impl Tree {
    /// No scopes. The memory of later calls comes from `alloc`.
    pub fn new(alloc: Global) -> Tree
        ensures { result ≡ [] }
    {
        Tree {
            nodes: Vec::new(alloc),
            links: Vec::new(alloc),
            cancels: Vec::new(alloc),
            listed: CancelOrder::new(alloc),
        }
    }

    /// Leaves no scopes. It keeps the memory, and takes none.
    pub fn clear(&mut self)
        ensures { self.new ≡ [] }
    {
        self.nodes.clear();
        self.links.clear();
        self.cancels.clear();
        self.listed.clear();
    }

    /// Adds the scope, which has the next number, inside `parent`, or outside all others. If the
    /// parent is cancelled and no shield is in the way, it is cancelled from the start. `opened` is the
    /// place of its opening, which never falls from one call to the next, nor below that of a cancel.
    ///
    /// # Errors
    ///
    /// `TooDeep` where it would lie more than 16 levels deep; else `Memory` if memory is refused.
    /// Then nothing has changed.
    pub fn add(
        &mut self,
        scope: ScopeId,
        parent: Option<ScopeId>,
        shield: bool,
        opened: usize,
    ) -> Result<(), Refusal>
        requires next { scope ≡ length self.old + 1 }
        requires there { IfSome parent (IsAdded self.old) }
        requires latest { IsLatest self.old opened }
        ensures added { OnOk result (self.new ≡ self.old ++ new_row parent shield opened ∷ []) }
        ensures level { OnOk result (level_in self.old parent ≤ LEVEL_LIMIT) }
        ensures refused { IfErr result (λ refusal. refusal ≡ (if nat_lt LEVEL_LIMIT (level_in self.old parent) then TooDeep else Memory)) }
        ensures unchanged { OnErr result (self.new ≡ self.old) }
    {
        let around = self.level_around(parent);
        if around >= LEVEL_LIMIT {
            return Err(Refusal::TooDeep);
        }
        let nodes = ScopeNode {
            parent,
            shield,
            opened,
            own: None,
            deadline: None,
        };
        let outer = nodes.outer();
        let links = Links {
            level: around + 1,
            first_inner: None,
            next_inner: self.last_inner(outer),
        };
        let first_cancel = self.cancel_from(outer);
        if self.listed.make_room(self.nodes.len() + 1).is_err() {
            return Err(Refusal::Memory);
        }
        if append(
            &mut self.nodes,
            &mut self.links,
            &mut self.cancels,
            nodes,
            links,
            first_cancel,
        )
        .is_err()
        {
            return Err(Refusal::Memory);
        }
        self.listed.add(scope, first_cancel.is_some(), opened);
        lead_to(&mut self.links, outer, scope);
        Ok(())
    }

    /// How many scopes there are: the number of the last one.
    pub fn len(&self) -> usize
        ensures { result ≡ length self.now }
    {
        self.nodes.len()
    }

    /// How many scopes lie around one another down to this one, itself included.
    pub fn level(&self, scope: ScopeId) -> u32
        requires { IsAdded self.now scope }
        ensures { result ≡ level_of self.now scope }
    {
        self.links[(scope - 1) as usize].level
    }

    /// How many scopes lie around one another down to the parent, itself included.
    fn level_around(&self, parent: Option<ScopeId>) -> u32
        requires { IfSome parent (IsAdded self.now) }
        ensures { result + 1 ≡ level_in self.now parent }
    {
        match parent {
            Some(parent) => self.level(parent),
            None => 0,
        }
    }

    /// The scope that was last added inside it, shielded ones aside.
    fn last_inner(&self, outer: Option<ScopeId>) -> Option<ScopeId>
        requires { IfSome outer (IsAdded self.now) }
        ensures { result ≡ option_and_then (λ s. last_inner (outer_of self.now) s (length self.now)) outer }
    {
        match outer {
            Some(outer) => self.links[(outer - 1) as usize].first_inner,
            None => None,
        }
    }

    /// The first cancel of the scope outside.
    fn cancel_from(&self, outer: Option<ScopeId>) -> Option<FirstCancel>
        requires { IfSome outer (IsAdded self.now) }
        ensures { result ≡ option_and_then (cancel_of self.now) outer }
    {
        match outer {
            Some(outer) => self.cancels[(outer - 1) as usize],
            None => None,
        }
    }

    /// Whether the scope is cancelled: by its own cancel, or by that of a scope on its chain.
    pub fn is_cancelled(&self, scope: ScopeId) -> bool
        requires { IsAdded self.now scope }
        ensures { result ≡ is_some (cancel_of self.now scope) }
    {
        self.cancels[(scope - 1) as usize].is_some()
    }

    /// Whether the scope has an own cancel.
    pub fn has_own_cancel(&self, scope: ScopeId) -> bool
        requires { IsAdded self.now scope }
        ensures { result ≡ is_some (own_of self.now scope) }
    {
        self.nodes[(scope - 1) as usize].own.is_some()
    }

    /// The earliest own cancel on the chain, the nearest on a tie, with its place. The scope whose it is
    /// has no greater number.
    pub fn first_cancel(&self, scope: ScopeId) -> Option<FirstCancel>
        requires { IsAdded self.now scope }
        ensures first_cancel { result ≡ cancel_of self.now scope }
        ensures within { IfSome result (λ first_cancel. first_cancel.cause.scope ≤ scope) }
    {
        self.cancels[(scope - 1) as usize]
    }

    /// The scope on the chain whose own cancel is the earliest, the nearest on a tie, with its kind.
    pub fn cause(&self, scope: ScopeId) -> Option<Cause>
        requires { IsAdded self.now scope }
        ensures { result ≡ cause_of self.now scope }
    {
        self.first_cancel(scope)
            .map(|first_cancel| first_cancel.cause)
    }

    /// The place of the cause: that of the event that made it.
    pub fn number(&self, scope: ScopeId) -> Option<u64>
        requires { IsAdded self.now scope }
        ensures { result ≡ place_of self.now scope }
    {
        self.first_cancel(scope)
            .map(|first_cancel| first_cancel.place as u64)
    }

    /// The earliest deadline in effect for the scope (Trio, `current_effective_deadline`): past if it
    /// is cancelled, and else the least deadline on its chain.
    pub fn effective_deadline(&self, scope: ScopeId) -> Effective
        requires { IsAdded self.now scope }
        ensures { result ≡ effective_of self.now scope }
    {
        if self.is_cancelled(scope) {
            return Effective::Past;
        }
        match least_deadline(&self.nodes, scope) {
            Some(deadline) => Effective::At(deadline),
            None => Effective::Never,
        }
    }

    /// The scope's own deadline, in milliseconds, if it has one.
    pub fn deadline(&self, scope: ScopeId) -> Option<u64>
        requires { IsAdded self.now scope }
        ensures { result ≡ deadline_of self.now scope }
    {
        self.nodes[(scope - 1) as usize].deadline
    }

    /// Gives the scope this deadline, in place of the one that it had. Takes no memory.
    pub fn set_deadline(&mut self, scope: ScopeId, deadline: u64)
        requires { IsAdded self.old scope }
        ensures { self.new ≡ changed self.old scope (with_deadline (Some deadline)) }
    {
        self.nodes[(scope - 1) as usize].deadline = Some(deadline);
    }

    /// Takes the scope's deadline away. Takes no memory.
    pub fn clear_deadline(&mut self, scope: ScopeId)
        requires { IsAdded self.old scope }
        ensures { self.new ≡ changed self.old scope (with_deadline None) }
    {
        self.nodes[(scope - 1) as usize].deadline = None;
    }

    /// Cancels the scope: it keeps the first own cancel that it is given. The cancel reaches all inside
    /// it that no shield is in the way of, and is the cause if none was earlier; of two at one
    /// place the nearer is. The place, `number`, never falls from one call to the next. Takes no memory.
    pub fn cancel(&mut self, scope: ScopeId, kind: CauseKind, number: u64)
        requires added { IsAdded self.old scope }
        requires latest { IsLatest self.old number }
        ensures { self.new ≡ changed self.old scope (with_own (cancel_at number scope kind)) }
    {
        let place = (scope - 1) as usize;
        if self.nodes[place].own.is_some() {
            return;
        }
        let first_cancel = FirstCancel {
            place: number as usize,
            cause: Cause { scope, kind },
        };
        let is_cause = is_at_or_before(number, self.cancels[place]);
        put_own(&mut self.nodes, scope, first_cancel);
        if is_cause {
            self.listed.begin(number as usize);
            spread(
                &self.nodes,
                &self.links,
                &mut self.cancels,
                &mut self.listed,
                scope,
                first_cancel,
            );
        }
    }

    /// The cancelled scopes in order of their cancellation, those that one event cancelled by their
    /// numbers, from the n-th on, from 0: none if no more than n are cancelled. It takes no memory,
    /// and time by the scopes that were cancelled since it was last called, with those of the last event
    /// before them.
    pub fn cancelled_since(&mut self, n: usize) -> &[ScopeId]
        ensures* kept { sem 𝓛 (KeepsNodes self.entry) }
        ensures order { (list : List ℕ) × IsCancelOrder self.old list × (result.now ≡ drop n list) }
    {
        self.listed.order();
        self.listed.since(n)
    }
}

/// Puts a row at the end of each column, which at first has room for that one alone: most realms have few scopes.
fn append(
    nodes: &mut Vec<ScopeNode>,
    links: &mut Vec<Links>,
    cancels: &mut Vec<Option<FirstCancel>>,
    row: ScopeNode,
    link: Links,
    first_cancel: Option<FirstCancel>,
) -> Result<(), AllocError>
    ensures nodes { nodes.new.items ≡ (if is_ok result then nodes.old.items ++ row ∷ [] else nodes.old.items) }
    ensures links { links.new.items ≡ (if is_ok result then links.old.items ++ link ∷ [] else links.old.items) }
    ensures cancels { cancels.new.items ≡ (if is_ok result then cancels.old.items ++ first_cancel ∷ [] else cancels.old.items) }
{
    if nodes.is_empty() {
        nodes.reserve_exact(1)?;
        links.reserve_exact(1)?;
        cancels.reserve_exact(1)?;
    }
    links.reserve(1)?;
    cancels.reserve(1)?;
    nodes.push(row)?;
    links.push(link)?;
    cancels.push(first_cancel)?;
    Ok(())
}

/// The scope outside, if there is one, leads to this scope.
fn lead_to(links: &mut Vec<Links>, outer: Option<ScopeId>, scope: ScopeId)
    requires { IfSome outer (λ o. (1 ≤ o) × (o ≤ length links.old.items)) }
    ensures { AreLed links.old.items outer scope links.new.items }
{
    if let Some(outer) = outer {
        links[(outer - 1) as usize].first_inner = Some(scope);
    }
}

/// The scope, which has no own cancel, has this one.
fn put_own(nodes: &mut Vec<ScopeNode>, scope: ScopeId, first_cancel: FirstCancel)
    requires added { IsAdded nodes.old.items scope }
    requires none { own_of nodes.old.items scope ≡ None }
    ensures { nodes.new.items ≡ changed nodes.old.items scope (with_own first_cancel) }
{
    nodes[(scope - 1) as usize].own = Some(first_cancel);
}
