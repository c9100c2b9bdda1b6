// A reader of rules: where it stands in a text, and in the program that is being read there. It steps by kinds of token.

#![tactic(auto)]

ghost use Rattle.std.specs.Prelude.{◌≡◌, ◌<◌};
ghost use Rattle.lexemes.specs.Kinds.{kinds};
ghost use Rattle.rulings.specs.Readers.{Firm, ReadsAny, ReadsFor, Plain, AnswerIs, KindsTaken, StartIs, EndIs};

#[derive(Clone, Copy)]
pub struct Reader {
    pub draft: drafts::Draft,
    pub script: scripts::Script,
}

// The sign that ends a program.
fn unbraced(r: Reader) -> Option<Reader>
    requires { Firm r × ReadsAny r }
    ensures { AnswerIs r 28 result }
{
    let d = r.draft;
    let s = r.script;
    if s.ends() {
        return Some(Reader {
            draft: drafts::unbrace(d),
            script: s,
        });
    }
    None
}

// Another kind of token in a program.
fn within(r: Reader, kind: usize, second: bool) -> Option<Reader>
    requires { Firm r × (ReadsFor r second × (kind ≡ 28 → ⊥)) }
    ensures { AnswerIs r kind result }
{
    let d = r.draft;
    let s = r.script;
    let Some(next) = s.step(kind, second) else {
        return None;
    };
    Some(Reader {
        draft: d,
        script: next,
    })
}

// A kind of token outside programs.
fn outside(r: Reader, kind: usize) -> Option<Reader>
    requires { (kind < kinds) × (Firm r × Plain r) }
    ensures { AnswerIs r kind result }
{
    let d = r.draft;
    let Some(next) = drafts::step(d, kind) else {
        return None;
    };
    let s = scripts::Script::fresh();
    Some(Reader {
        draft: next,
        script: s,
    })
}

// A token of a kind: the reader behind it, where it is taken.
pub fn take(r: Reader, kind: usize) -> Option<Reader>
    requires { (kind < kinds) × Firm r }
    ensures { AnswerIs r kind result }
{
    let d = r.draft;
    let p = d.point;
    let w = drafts::place_of(p);
    if w.reads {
        if kind == 28 {
            return unbraced(r);
        }
        return within(r, kind, w.second);
    }
    outside(r, kind)
}

// Before the first token.
pub fn start() -> Reader
    ensures { StartIs result }
{
    let d = drafts::fresh();
    let s = scripts::Script::fresh();
    Reader {
        draft: d,
        script: s,
    }
}

// The kinds of token that may come.
pub fn row(r: Reader) -> [bool; 35]
    requires { Firm r }
    ensures { KindsTaken r result }
{
    let d = r.draft;
    let p = d.point;
    let w = drafts::place_of(p);
    if w.reads {
        let s = r.script;
        return rows::in_program(s, w.second);
    }
    rows::in_text(d)
}

// Whether the text may end.
pub fn may_end(r: Reader) -> bool
    ensures { EndIs r result }
{
    let d = r.draft;
    let p = d.point;
    let w = drafts::place_of(p);
    w.ends
}
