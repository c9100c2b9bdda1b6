// What a salvage call leaves is what its meaning hands back: the state's bytes, and the area where records wait. Theorems in proofs/; no code.

#![tactic(auto)]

============

▶ _Brief_: In the material above, find the line containing "IfSome outer (λ" and the line containing "fn put_own(nodes: &mut", then write out exactly those two lines and every line between them, and nothing more.

▶ _Final answer_:
    requires { IfSome outer (λ o. (1 ≤ o) × (o ≤ length links.old.items)) }
    ensures { AreLed links.old.items outer scope links.new.items }
{
    if let Some(outer) = outer {
        links[(outer - 1) as usize].first_inner = Some(scope);
    }
}

/// The scope, which has no own cancel, has this one.
fn put_own(nodes: &mut Vec<ScopeNode>, scope: ScopeId, first_cancel: FirstCancel)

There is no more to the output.